◆ Directions ◆
What you give back should be exactly the opening lines of the data, ending with the line that contains "equally far from" and including it.

◆ Given data ◆
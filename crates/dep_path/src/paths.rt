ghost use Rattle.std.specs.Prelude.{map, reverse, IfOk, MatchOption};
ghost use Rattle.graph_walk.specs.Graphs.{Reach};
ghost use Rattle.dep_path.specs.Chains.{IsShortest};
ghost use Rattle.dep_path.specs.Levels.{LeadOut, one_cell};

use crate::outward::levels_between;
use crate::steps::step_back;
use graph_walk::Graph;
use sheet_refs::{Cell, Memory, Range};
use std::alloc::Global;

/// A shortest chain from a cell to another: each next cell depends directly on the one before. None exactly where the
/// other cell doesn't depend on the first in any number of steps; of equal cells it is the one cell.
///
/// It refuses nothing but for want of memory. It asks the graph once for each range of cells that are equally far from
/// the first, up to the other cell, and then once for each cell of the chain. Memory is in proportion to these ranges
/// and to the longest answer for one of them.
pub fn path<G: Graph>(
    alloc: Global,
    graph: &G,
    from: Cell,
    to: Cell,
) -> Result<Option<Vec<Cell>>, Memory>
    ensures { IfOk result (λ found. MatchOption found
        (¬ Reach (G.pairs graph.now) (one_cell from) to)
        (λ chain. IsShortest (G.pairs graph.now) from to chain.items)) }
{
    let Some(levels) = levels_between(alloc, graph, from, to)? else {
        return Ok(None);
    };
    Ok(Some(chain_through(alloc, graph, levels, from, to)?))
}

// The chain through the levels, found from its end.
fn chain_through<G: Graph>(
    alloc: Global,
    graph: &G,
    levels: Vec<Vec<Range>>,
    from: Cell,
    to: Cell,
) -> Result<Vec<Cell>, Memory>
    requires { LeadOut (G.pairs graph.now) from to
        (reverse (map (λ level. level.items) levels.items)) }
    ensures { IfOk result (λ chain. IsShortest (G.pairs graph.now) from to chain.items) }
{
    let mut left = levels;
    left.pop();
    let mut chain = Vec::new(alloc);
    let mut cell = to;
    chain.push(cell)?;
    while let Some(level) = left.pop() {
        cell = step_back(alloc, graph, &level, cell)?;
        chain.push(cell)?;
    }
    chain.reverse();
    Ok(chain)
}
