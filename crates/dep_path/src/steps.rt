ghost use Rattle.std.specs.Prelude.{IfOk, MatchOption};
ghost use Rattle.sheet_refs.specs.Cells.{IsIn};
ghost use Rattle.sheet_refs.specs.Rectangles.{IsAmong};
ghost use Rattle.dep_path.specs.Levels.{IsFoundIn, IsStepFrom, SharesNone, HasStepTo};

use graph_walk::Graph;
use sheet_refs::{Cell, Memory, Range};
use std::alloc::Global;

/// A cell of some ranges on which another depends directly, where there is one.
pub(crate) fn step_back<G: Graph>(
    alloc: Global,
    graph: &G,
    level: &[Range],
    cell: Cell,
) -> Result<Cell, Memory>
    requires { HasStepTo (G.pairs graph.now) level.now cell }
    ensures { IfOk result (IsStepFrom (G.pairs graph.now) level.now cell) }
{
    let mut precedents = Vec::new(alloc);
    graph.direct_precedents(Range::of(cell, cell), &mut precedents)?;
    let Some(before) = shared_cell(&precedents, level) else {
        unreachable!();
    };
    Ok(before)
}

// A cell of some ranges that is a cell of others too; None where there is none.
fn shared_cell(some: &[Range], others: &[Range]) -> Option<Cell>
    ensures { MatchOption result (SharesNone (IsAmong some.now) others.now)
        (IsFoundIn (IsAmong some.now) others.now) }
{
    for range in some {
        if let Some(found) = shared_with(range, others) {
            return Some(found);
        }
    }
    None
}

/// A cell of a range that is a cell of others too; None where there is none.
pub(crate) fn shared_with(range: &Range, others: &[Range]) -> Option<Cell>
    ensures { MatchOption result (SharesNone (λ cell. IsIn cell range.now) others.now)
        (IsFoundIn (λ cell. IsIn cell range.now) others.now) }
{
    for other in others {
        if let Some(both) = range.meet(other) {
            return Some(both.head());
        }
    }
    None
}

◆ Written response ◆
filename crates/dep_path/src/paths.rt
ghost use Rattle.std.specs.Prelude.{map, reverse, IfOk, MatchOption};
ghost use Rattle.graph_walk.specs.Graphs.{Reach};
ghost use Rattle.dep_path.specs.Chains.{IsShortest};
ghost use Rattle.dep_path.specs.Levels.{LeadOut, one_cell};

use crate::outward::levels_between;
use crate::steps::step_back;
use graph_walk::Graph;
use sheet_refs::{Cell, Memory, Range};
use std::alloc::Global;

/// A shortest chain from a cell to another: each next cell depends directly on the one before. None exactly where the
/// other cell doesn't depend on the first in any number of steps; of equal cells it is the one cell.
///
/// It refuses nothing but for want of memory. It asks the graph once for each range of cells that are equally far from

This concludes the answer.